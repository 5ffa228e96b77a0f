// Laws of stores that are joined, of a new store over them, and of the file that is built with it.

ghost use Rattle.c2_collect_spec.specs.Collected.{CollectedContentIsOne, CollectedStoreMeets};
ghost use Rattle.c2_collect_spec.specs.Collected.{CollectedStoreReaches, JoinedIsReached};
ghost use Rattle.c2_collect_spec.specs.Collected.{QuestionsAreApproved, QuestionsAreOfEither};
ghost use Rattle.c2_collect_spec.specs.Collected.{SomeContentCollects};
ghost use Rattle.c2_collect_spec.specs.Contents.{CollectedContentMeets};
ghost use Rattle.c2_collect_spec.specs.Files.{CollectedFileMeets, CollectedFileReaches};
ghost use Rattle.c2_collect_spec.specs.Lengths.{CollectedIsShort, CollectedStoresFit};
ghost use Rattle.c2_collect_spec.specs.Order.{CollectablePairIsUnrefused, CollectedIsNotRefused};
ghost use Rattle.c2_collect_spec.specs.Order.{NothingRefusedIsCollected, SomeFileIsCollected};
ghost use Rattle.c2_collect_spec.specs.Order.{UnrefusedPairCollects};
ghost use Rattle.c2_collect_spec.specs.Refusals.{FirstRedactionIsLeastBy, RedactionsAreAcceptedBy};
ghost use Rattle.c2_collect_spec.specs.Refusals.{RefusalsAreStanding};
ghost use Rattle.c2_collect_spec.specs.Whole.{EachCollectedFileMeets};
ghost use Rattle.c2_collect_spec.specs.Stores.{AcceptedFileIsRooted, NoStoreIsRooted};
ghost use Rattle.c2_collect_spec.specs.Stores.{RootedStoreIsTaken, RootedStoresJoin};
ghost use Rattle.c2_collect_spec.specs.Stores.{ValidStoreIsRooted};

/// Redactions of a chain of which none is refused may be made, and the rules on redactions hold of them. What is answered is the first
/// that is refused. In one store those are refused that are refused of that store.
pub fn redactions_of_a_chain_may_be_made()
    ensures accepted { RedactionsAreAcceptedBy }
    ensures first { FirstRedactionIsLeastBy }
    ensures standing { RefusalsAreStanding }
{}

/// A valid store can be joined with another, seen from its last manifest; media without a store joins as one of no boxes. Two that
/// don't clash join to one, seen from the roots of both; and one is taken over by a new store, less what is redacted.
pub fn stores_join()
    ensures valid { ValidStoreIsRooted }
    ensures none { NoStoreIsRooted }
    ensures join { RootedStoresJoin }
    ensures taken { RootedStoreIsTaken }
{}

/// The store of an accepted file can be joined with another, seen from its last manifest, and it has one.
pub fn an_accepted_file_can_be_collected()
    ensures { AcceptedFileIsRooted }
{}

/// What is reached from the last manifests of two stores that may be joined is what was reached in the one or in the other: of the first
/// what is reached in its own store, and all that is carried of the second. Each question of that is one of either, and judges approve it
/// who approve those of both.
pub fn what_is_joined_is_reached()
    ensures reached { JoinedIsReached }
    ensures questions { QuestionsAreOfEither }
    ensures approved { QuestionsAreApproved }
{}

/// What goes into a new store over two that may be collected is there, and is one.
pub fn what_is_collected_is_one()
    ensures some { SomeContentCollects }
    ensures once { CollectedContentIsOne }
{}

/// A new store over the joined boxes of two stores meets each rule but the verdict on its message and the one on its binding, and asks
/// the new question and then those of the joined chain. Whatever it is read as, what is reached in it are the new manifest and what was
/// reached in the media's store or in the other.
pub fn a_collected_store_meets_the_rules()
    ensures meets { CollectedStoreMeets }
    ensures reaches { CollectedStoreReaches }
{}

/// The new store that collects from two stores meets each rule but the verdict on its message and the one on its binding,
/// whichever the binding is. So a file that is built with it over a base without a store, whichever its container is, has the
/// new store, and meets each rule but the verdict on its message. What is reached in it is what is reached in that store.
pub fn a_collected_file_meets_the_rules()
    ensures content { CollectedContentMeets }
    ensures meets { CollectedFileMeets }
    ensures reaches { CollectedFileReaches }
{}

/// A new store may collect from a media file and another file exactly where the list of what is refused of both is empty.
pub fn two_files_are_refused_or_collected()
    ensures collects { UnrefusedPairCollects }
    ensures none { CollectablePairIsUnrefused }
{}

/// Of inputs none of which is refused alone there is a new file that collects, whose message fills what is reserved for it, exactly where
/// the list of all that is refused is empty.
pub fn a_collected_file_is_refused_or_built()
    ensures built { NothingRefusedIsCollected }
    ensures none { CollectedIsNotRefused }
{}

/// The file of a new store that collects from two files has the new store, and each rule but the verdict on its message holds of it. Each
/// question but the new one is one of the media's store or of the other. What is reached in it are the new manifest and what was reached in
/// one of both. Less its range it is what is left of the media, and judges accept it who approve its questions.
pub fn each_collected_file_meets_the_rules()
    ensures { EachCollectedFileMeets }
{}

/// What goes into a new store that collects from two files is short, so the length of that store is less than 2^64 - 1 where a file is the
/// definition: a length that is told by 64 bits is exact.
pub fn the_length_of_a_collected_store_fits()
    ensures short { CollectedIsShort }
    ensures fits { CollectedStoresFit }
{}

/// Some file is built that collects, whatever the hash, where it gives digests and judges approve each question: of a media file without a
/// store, and of one with a store.
pub fn some_file_is_collected()
    ensures { SomeFileIsCollected }
{}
==================================================
TASK OBJECTIVE → Please return all of the entries shown above, exactly as they stand.

EXERCISE ANSWER →
repository 5ffa228e96b77a0f
// Laws of stores that are joined, of a new store over them, and of the file that is built with it.

ghost use Rattle.c2_collect_spec.specs.Collected.{CollectedContentIsOne, CollectedStoreMeets};
ghost use Rattle.c2_collect_spec.specs.Collected.{CollectedStoreReaches, JoinedIsReached};
ghost use Rattle.c2_collect_spec.specs.Collected.{QuestionsAreApproved, QuestionsAreOfEither};
ghost use Rattle.c2_collect_spec.specs.Collected.{SomeContentCollects};
ghost use Rattle.c2_collect_spec.specs.Contents.{CollectedContentMeets};
ghost use Rattle.c2_collect_spec.specs.Files.{CollectedFileMeets, CollectedFileReaches};
ghost use Rattle.c2_collect_spec.specs.Lengths.{CollectedIsShort, CollectedStoresFit};
ghost use Rattle.c2_collect_spec.specs.Order.{CollectablePairIsUnrefused, CollectedIsNotRefused};
ghost use Rattle.c2_collect_spec.specs.Order.{NothingRefusedIsCollected, SomeFileIsCollected};
ghost use Rattle.c2_collect_spec.specs.Order.{UnrefusedPairCollects};
ghost use Rattle.c2_collect_spec.specs.Refusals.{FirstRedactionIsLeastBy, RedactionsAreAcceptedBy};
ghost use Rattle.c2_collect_spec.specs.Refusals.{RefusalsAreStanding};
ghost use Rattle.c2_collect_spec.specs.Whole.{EachCollectedFileMeets};
ghost use Rattle.c2_collect_spec.specs.Stores.{AcceptedFileIsRooted, NoStoreIsRooted};
ghost use Rattle.c2_collect_spec.specs.Stores.{RootedStoreIsTaken, RootedStoresJoin};
ghost use Rattle.c2_collect_spec.specs.Stores.{ValidStoreIsRooted};

/// Redactions of a chain of which none is refused may be made, and the rules on redactions hold of them. What is answered is the first
/// that is refused. In one store those are refused that are refused of that store.
pub fn redactions_of_a_chain_may_be_made()
    ensures accepted { RedactionsAreAcceptedBy }
    ensures first { FirstRedactionIsLeastBy }
    ensures standing { RefusalsAreStanding }
{}

/// A valid store can be joined with another, seen from its last manifest; media without a store joins as one of no boxes. Two that
/// don't clash join to one, seen from the roots of both; and one is taken over by a new store, less what is redacted.
pub fn stores_join()
    ensures valid { ValidStoreIsRooted }
    ensures none { NoStoreIsRooted }
    ensures join { RootedStoresJoin }
    ensures taken { RootedStoreIsTaken }
{}

/// The store of an accepted file can be joined with another, seen from its last manifest, and it has one.
pub fn an_accepted_file_can_be_collected()
    ensures { AcceptedFileIsRooted }
{}

/// What is reached from the last manifests of two stores that may be joined is what was reached in the one or in the other: of the first
/// what is reached in its own store, and all that is carried of the second. Each question of that is one of either, and judges approve it
/// who approve those of both.
pub fn what_is_joined_is_reached()
    ensures reached { JoinedIsReached }
    ensures questions { QuestionsAreOfEither }
    ensures approved { QuestionsAreApproved }
{}

/// What goes into a new store over two that may be collected is there, and is one.
pub fn what_is_collected_is_one()
    ensures some { SomeContentCollects }
    ensures once { CollectedContentIsOne }
{}

/// A new store over the joined boxes of two stores meets each rule but the verdict on its message and the one on its binding, and asks
/// the new question and then those of the joined chain. Whatever it is read as, what is reached in it are the new manifest and what was
/// reached in the media's store or in the other.
pub fn a_collected_store_meets_the_rules()
    ensures meets { CollectedStoreMeets }
    ensures reaches { CollectedStoreReaches }
{}

/// The new store that collects from two stores meets each rule but the verdict on its message and the one on its binding,
/// whichever the binding is. So a file that is built with it over a base without a store, whichever its container is, has the
/// new store, and meets each rule but the verdict on its message. What is reached in it is what is reached in that store.
pub fn a_collected_file_meets_the_rules()
    ensures content { CollectedContentMeets }
    ensures meets { CollectedFileMeets }
    ensures reaches { CollectedFileReaches }
{}

/// A new store may collect from a media file and another file exactly where the list of what is refused of both is empty.
pub fn two_files_are_refused_or_collected()
    ensures collects { UnrefusedPairCollects }
    ensures none { CollectablePairIsUnrefused }
{}

/// Of inputs none of which is refused alone there is a new file that collects, whose message fills what is reserved for it, exactly where
/// the list of all that is refused is empty.
pub fn a_collected_file_is_refused_or_built()
    ensures built { NothingRefusedIsCollected }
    ensures none { CollectedIsNotRefused }
{}

/// The file of a new store that collects from two files has the new store, and each rule but the verdict on its message holds of it. Each
/// question but the new one is one of the media's store or of the other. What is reached in it are the new manifest and what was reached in
/// one of both. Less its range it is what is left of the media, and judges accept it who approve its questions.
pub fn each_collected_file_meets_the_rules()
    ensures { EachCollectedFileMeets }
{}

/// What goes into a new store that collects from two files is short, so the length of that store is less than 2^64 - 1 where a file is the
/// definition: a length that is told by 64 bits is exact.
pub fn the_length_of_a_collected_store_fits()
    ensures short { CollectedIsShort }
    ensures fits { CollectedStoresFit }
{}

/// Some file is built that collects, whatever the hash, where it gives digests and judges approve each question: of a media file without a
/// store, and of one with a store.
pub fn some_file_is_collected()
    ensures { SomeFileIsCollected }
{}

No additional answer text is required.